▶ _Requirement_: Your job with the data below: print everything from the line that holds "let mut here: u32 = 0;" down to the line that holds "pub(crate) fn node_by_path(nodes: &[NodeData], path: &[u32])", ends included, exactly, and nothing else.

▶ _Dataset records_:
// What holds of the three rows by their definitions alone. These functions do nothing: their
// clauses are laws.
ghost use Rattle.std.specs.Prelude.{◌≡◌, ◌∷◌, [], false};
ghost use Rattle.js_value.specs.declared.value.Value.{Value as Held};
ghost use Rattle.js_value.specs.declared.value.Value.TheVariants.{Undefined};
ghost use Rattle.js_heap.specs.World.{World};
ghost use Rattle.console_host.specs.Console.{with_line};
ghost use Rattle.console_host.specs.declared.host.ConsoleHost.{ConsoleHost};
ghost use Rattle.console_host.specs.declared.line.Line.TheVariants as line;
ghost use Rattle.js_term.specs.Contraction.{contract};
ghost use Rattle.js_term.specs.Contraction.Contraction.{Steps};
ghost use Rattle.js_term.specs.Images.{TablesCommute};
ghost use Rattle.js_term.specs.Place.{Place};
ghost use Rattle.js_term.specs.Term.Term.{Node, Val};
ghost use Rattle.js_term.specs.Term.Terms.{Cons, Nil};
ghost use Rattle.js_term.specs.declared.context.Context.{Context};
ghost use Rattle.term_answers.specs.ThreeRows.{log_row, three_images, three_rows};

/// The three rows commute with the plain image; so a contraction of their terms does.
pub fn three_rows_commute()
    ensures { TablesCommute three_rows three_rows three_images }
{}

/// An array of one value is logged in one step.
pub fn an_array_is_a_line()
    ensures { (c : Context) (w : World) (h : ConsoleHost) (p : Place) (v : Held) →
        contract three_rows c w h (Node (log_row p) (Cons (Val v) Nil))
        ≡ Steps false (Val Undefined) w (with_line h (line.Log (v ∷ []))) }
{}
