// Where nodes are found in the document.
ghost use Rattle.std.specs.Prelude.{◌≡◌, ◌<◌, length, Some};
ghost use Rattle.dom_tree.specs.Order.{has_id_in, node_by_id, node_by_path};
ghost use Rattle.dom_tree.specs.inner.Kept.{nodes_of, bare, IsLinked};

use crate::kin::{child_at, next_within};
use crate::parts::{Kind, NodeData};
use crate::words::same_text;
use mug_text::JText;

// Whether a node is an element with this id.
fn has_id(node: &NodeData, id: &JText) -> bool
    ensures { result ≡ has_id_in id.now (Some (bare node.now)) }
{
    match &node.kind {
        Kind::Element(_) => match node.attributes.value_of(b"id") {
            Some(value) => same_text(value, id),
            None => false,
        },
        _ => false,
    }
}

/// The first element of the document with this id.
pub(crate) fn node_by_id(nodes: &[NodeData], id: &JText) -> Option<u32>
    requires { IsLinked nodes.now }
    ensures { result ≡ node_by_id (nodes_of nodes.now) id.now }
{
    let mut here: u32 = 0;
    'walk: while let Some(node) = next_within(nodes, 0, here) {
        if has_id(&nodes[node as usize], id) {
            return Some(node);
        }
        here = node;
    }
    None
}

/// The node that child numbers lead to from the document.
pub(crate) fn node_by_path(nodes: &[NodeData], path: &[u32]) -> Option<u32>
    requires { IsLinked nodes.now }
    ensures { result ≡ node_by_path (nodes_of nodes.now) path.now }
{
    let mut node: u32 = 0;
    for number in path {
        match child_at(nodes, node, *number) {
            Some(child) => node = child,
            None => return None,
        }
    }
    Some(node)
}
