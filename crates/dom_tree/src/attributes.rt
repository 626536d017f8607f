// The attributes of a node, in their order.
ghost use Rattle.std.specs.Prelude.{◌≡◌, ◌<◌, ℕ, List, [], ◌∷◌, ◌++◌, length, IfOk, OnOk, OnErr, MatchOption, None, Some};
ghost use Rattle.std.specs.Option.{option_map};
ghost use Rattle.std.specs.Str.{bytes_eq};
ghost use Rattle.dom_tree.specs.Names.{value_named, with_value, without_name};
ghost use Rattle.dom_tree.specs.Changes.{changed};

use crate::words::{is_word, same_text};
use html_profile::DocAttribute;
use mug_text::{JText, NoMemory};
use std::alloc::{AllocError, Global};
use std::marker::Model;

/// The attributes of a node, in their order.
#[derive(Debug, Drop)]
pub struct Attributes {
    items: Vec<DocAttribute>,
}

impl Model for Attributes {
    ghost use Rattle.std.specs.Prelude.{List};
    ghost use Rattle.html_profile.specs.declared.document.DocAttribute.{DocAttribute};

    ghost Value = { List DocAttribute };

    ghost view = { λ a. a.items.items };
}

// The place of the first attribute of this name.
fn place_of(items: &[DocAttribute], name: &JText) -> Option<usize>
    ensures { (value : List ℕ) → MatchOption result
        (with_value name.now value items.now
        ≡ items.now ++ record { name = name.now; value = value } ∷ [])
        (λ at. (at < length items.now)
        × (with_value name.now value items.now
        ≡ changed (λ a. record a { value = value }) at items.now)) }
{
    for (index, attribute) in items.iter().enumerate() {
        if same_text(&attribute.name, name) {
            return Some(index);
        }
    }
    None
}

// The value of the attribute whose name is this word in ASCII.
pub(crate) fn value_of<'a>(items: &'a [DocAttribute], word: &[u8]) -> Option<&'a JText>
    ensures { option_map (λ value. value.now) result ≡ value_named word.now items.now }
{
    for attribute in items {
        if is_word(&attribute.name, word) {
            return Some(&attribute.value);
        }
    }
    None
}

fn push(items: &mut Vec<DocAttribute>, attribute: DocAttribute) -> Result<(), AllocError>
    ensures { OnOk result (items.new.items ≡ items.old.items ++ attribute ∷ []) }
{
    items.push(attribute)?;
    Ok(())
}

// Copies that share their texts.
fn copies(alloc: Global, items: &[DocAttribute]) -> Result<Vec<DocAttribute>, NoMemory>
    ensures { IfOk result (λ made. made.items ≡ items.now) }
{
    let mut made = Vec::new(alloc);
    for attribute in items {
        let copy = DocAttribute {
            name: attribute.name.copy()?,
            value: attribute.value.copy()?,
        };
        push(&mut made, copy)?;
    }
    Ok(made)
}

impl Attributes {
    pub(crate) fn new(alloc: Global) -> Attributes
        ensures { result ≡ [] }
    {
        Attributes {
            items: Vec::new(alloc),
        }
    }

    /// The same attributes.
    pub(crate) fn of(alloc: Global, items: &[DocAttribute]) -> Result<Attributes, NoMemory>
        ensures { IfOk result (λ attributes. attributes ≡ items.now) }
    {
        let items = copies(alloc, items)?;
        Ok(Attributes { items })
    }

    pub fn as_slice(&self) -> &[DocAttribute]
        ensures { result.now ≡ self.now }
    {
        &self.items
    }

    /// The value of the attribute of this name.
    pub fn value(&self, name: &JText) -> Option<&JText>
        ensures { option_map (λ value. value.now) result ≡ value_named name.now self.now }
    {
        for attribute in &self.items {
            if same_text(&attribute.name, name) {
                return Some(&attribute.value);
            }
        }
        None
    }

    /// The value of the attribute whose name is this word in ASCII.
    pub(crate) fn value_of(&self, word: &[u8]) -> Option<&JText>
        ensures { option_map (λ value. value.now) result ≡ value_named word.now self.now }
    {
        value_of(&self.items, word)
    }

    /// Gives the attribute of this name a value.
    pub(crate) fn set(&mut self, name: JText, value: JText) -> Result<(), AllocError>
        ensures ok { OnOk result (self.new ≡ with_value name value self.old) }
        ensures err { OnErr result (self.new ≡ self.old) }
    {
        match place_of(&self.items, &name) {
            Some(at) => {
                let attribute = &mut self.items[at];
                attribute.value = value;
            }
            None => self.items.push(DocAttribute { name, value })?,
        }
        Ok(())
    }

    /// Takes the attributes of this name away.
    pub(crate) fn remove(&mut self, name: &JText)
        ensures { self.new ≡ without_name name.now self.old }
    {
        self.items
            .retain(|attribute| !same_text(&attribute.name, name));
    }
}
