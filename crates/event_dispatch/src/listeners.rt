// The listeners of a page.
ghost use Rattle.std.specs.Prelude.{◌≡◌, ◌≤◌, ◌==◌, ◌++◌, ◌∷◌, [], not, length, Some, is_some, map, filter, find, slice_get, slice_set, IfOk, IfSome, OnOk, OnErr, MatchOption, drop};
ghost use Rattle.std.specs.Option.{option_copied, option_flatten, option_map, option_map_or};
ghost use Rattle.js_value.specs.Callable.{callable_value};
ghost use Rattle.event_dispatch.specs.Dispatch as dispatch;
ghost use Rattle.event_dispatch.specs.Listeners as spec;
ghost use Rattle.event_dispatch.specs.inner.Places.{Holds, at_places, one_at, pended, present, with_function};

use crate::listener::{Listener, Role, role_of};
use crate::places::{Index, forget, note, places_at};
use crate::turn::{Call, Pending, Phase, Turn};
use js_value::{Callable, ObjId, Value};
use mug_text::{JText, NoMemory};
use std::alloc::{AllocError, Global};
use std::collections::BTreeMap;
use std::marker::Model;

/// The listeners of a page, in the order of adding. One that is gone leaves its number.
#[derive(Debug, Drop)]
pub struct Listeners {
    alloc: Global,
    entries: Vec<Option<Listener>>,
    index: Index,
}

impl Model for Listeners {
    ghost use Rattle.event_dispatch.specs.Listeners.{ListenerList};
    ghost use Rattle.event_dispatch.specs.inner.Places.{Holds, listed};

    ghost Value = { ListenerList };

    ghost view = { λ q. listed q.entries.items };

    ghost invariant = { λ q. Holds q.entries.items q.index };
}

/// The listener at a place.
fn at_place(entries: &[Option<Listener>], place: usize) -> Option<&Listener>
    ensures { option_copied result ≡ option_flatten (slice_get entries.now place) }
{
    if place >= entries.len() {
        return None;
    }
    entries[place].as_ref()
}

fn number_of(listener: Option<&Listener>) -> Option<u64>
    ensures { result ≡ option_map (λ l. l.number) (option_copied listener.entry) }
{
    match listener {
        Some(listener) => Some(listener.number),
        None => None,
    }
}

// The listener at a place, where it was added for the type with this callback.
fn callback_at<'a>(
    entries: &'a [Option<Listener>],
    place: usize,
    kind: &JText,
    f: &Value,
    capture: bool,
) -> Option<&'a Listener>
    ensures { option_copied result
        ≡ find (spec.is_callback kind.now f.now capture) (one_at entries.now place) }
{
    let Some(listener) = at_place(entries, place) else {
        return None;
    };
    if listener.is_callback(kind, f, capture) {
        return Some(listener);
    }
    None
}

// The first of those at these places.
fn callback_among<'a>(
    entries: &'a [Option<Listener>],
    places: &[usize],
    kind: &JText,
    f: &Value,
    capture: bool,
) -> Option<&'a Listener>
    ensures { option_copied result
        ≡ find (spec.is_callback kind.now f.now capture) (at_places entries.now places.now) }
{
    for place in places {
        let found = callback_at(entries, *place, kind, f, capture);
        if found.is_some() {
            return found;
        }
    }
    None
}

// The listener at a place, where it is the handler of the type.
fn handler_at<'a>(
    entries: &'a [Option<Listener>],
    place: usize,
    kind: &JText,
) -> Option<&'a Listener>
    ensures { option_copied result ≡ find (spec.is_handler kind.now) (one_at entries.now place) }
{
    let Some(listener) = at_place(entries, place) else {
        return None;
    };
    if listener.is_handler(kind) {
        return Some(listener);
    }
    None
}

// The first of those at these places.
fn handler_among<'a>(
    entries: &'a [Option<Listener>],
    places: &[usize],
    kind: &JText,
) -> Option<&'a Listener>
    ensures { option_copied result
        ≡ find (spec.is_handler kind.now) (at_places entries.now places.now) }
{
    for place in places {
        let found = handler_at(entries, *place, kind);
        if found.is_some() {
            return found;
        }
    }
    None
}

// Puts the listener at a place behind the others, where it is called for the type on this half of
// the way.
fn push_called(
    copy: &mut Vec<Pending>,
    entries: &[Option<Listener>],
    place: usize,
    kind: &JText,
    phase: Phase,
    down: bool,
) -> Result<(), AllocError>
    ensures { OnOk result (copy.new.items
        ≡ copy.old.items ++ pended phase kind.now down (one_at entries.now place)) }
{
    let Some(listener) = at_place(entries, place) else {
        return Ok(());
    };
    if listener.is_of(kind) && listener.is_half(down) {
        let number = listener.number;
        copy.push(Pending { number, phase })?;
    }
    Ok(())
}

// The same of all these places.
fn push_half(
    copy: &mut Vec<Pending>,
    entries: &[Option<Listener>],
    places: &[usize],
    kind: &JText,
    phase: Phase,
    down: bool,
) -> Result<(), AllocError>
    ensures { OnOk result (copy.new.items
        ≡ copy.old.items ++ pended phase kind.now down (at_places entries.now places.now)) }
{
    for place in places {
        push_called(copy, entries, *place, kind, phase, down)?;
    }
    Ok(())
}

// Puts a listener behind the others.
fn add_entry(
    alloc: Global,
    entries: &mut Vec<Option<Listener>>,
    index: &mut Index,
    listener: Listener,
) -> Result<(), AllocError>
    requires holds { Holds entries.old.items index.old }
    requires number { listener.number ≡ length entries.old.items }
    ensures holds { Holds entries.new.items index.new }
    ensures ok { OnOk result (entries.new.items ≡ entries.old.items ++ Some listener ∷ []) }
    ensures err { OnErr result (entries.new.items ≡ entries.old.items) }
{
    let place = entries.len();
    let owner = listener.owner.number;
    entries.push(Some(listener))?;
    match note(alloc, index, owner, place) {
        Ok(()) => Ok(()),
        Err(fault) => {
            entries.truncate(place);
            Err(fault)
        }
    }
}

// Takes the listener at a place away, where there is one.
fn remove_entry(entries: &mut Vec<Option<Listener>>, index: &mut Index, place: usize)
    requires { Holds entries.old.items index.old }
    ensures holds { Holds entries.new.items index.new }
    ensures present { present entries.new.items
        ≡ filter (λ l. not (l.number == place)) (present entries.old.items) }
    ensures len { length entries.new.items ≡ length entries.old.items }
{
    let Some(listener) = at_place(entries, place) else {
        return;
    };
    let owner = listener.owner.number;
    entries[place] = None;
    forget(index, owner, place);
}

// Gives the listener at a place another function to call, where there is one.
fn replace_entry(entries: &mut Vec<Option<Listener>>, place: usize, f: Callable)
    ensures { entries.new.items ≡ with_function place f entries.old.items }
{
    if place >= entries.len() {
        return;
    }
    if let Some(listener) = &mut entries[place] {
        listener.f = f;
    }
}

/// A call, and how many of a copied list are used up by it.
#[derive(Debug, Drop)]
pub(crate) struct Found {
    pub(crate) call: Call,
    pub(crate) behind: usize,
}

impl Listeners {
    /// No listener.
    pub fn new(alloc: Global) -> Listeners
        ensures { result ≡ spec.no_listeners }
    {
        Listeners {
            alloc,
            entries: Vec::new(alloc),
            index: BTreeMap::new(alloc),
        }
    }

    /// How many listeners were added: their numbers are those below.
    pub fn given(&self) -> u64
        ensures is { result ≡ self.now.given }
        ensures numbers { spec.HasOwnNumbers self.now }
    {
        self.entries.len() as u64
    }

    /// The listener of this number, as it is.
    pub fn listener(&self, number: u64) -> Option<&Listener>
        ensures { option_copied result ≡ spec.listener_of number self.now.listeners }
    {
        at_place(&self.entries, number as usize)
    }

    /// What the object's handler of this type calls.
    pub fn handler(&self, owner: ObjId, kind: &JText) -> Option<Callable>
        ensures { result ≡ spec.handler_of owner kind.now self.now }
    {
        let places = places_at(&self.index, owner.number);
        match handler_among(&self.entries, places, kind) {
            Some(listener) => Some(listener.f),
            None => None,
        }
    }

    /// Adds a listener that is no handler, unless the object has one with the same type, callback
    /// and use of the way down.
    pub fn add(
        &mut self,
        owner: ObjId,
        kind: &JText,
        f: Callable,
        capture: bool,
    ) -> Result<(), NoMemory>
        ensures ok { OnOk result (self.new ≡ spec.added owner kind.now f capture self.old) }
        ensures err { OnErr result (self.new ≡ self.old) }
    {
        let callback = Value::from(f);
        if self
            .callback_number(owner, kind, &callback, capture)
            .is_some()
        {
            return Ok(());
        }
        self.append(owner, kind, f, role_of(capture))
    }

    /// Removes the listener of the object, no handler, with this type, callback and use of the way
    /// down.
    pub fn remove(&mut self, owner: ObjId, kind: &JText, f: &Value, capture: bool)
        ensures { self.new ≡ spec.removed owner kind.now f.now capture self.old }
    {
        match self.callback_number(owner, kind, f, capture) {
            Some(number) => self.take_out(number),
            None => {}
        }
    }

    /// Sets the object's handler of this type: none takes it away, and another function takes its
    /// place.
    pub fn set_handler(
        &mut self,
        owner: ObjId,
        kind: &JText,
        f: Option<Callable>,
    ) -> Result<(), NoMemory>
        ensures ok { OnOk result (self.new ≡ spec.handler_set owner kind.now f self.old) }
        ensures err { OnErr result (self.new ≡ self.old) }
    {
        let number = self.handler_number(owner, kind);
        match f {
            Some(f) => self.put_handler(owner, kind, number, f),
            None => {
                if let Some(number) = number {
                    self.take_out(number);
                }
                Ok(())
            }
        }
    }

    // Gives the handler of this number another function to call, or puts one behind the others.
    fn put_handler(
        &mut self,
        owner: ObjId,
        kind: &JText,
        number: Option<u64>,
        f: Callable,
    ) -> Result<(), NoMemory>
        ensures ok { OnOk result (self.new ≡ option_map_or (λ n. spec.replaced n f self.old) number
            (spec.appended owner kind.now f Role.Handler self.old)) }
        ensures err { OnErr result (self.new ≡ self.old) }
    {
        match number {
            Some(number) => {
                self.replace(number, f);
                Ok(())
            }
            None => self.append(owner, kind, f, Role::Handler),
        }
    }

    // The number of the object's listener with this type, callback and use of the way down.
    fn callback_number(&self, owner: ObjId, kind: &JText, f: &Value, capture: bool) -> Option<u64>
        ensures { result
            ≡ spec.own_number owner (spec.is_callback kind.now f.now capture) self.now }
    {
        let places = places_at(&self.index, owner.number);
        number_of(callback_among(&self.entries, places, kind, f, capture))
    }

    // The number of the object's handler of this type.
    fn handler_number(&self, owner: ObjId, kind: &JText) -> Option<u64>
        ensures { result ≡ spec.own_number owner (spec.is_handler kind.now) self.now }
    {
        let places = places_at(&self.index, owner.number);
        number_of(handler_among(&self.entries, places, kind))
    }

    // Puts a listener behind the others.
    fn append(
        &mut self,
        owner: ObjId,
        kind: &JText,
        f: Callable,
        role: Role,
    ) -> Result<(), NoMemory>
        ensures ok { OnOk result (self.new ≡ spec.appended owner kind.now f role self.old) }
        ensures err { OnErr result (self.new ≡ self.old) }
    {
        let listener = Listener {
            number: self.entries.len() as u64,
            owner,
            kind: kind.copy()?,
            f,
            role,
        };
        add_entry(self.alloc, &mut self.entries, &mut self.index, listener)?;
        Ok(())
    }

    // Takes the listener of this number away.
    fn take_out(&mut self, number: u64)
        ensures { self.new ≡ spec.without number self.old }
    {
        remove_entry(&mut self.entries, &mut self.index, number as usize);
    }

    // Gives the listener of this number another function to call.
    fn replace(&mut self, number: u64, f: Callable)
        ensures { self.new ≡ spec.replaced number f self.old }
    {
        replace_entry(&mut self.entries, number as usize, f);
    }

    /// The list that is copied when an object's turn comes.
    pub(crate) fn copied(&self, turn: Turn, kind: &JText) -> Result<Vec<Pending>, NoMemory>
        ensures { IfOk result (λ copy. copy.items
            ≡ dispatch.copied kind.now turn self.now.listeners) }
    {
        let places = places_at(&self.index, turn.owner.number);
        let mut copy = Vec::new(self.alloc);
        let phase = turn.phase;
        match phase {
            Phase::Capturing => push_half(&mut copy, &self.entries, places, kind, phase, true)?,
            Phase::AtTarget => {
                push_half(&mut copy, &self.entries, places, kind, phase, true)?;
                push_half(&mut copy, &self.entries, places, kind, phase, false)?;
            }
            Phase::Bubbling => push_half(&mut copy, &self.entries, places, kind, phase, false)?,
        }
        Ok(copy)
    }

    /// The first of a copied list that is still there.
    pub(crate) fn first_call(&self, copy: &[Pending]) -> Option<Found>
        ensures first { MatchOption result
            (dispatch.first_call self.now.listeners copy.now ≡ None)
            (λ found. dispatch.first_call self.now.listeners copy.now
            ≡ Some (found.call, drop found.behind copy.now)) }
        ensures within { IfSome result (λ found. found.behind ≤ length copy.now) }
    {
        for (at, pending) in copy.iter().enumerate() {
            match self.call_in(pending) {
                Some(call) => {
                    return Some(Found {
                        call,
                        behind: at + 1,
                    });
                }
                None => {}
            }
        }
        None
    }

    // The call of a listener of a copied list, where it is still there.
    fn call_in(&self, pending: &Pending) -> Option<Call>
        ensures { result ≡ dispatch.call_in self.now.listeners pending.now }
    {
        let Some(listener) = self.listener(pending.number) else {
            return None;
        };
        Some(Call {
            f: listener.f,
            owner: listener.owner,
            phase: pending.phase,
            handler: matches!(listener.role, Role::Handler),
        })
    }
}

▶ _Answer space_:
    let mut here: u32 = 0;
    'walk: while let Some(node) = next_within(nodes, 0, here) {
        if has_id(&nodes[node as usize], id) {
            return Some(node);
        }
        here = node;
    }
    None
}

/// The node that child numbers lead to from the document.
pub(crate) fn node_by_path(nodes: &[NodeData], path: &[u32]) -> Option<u32>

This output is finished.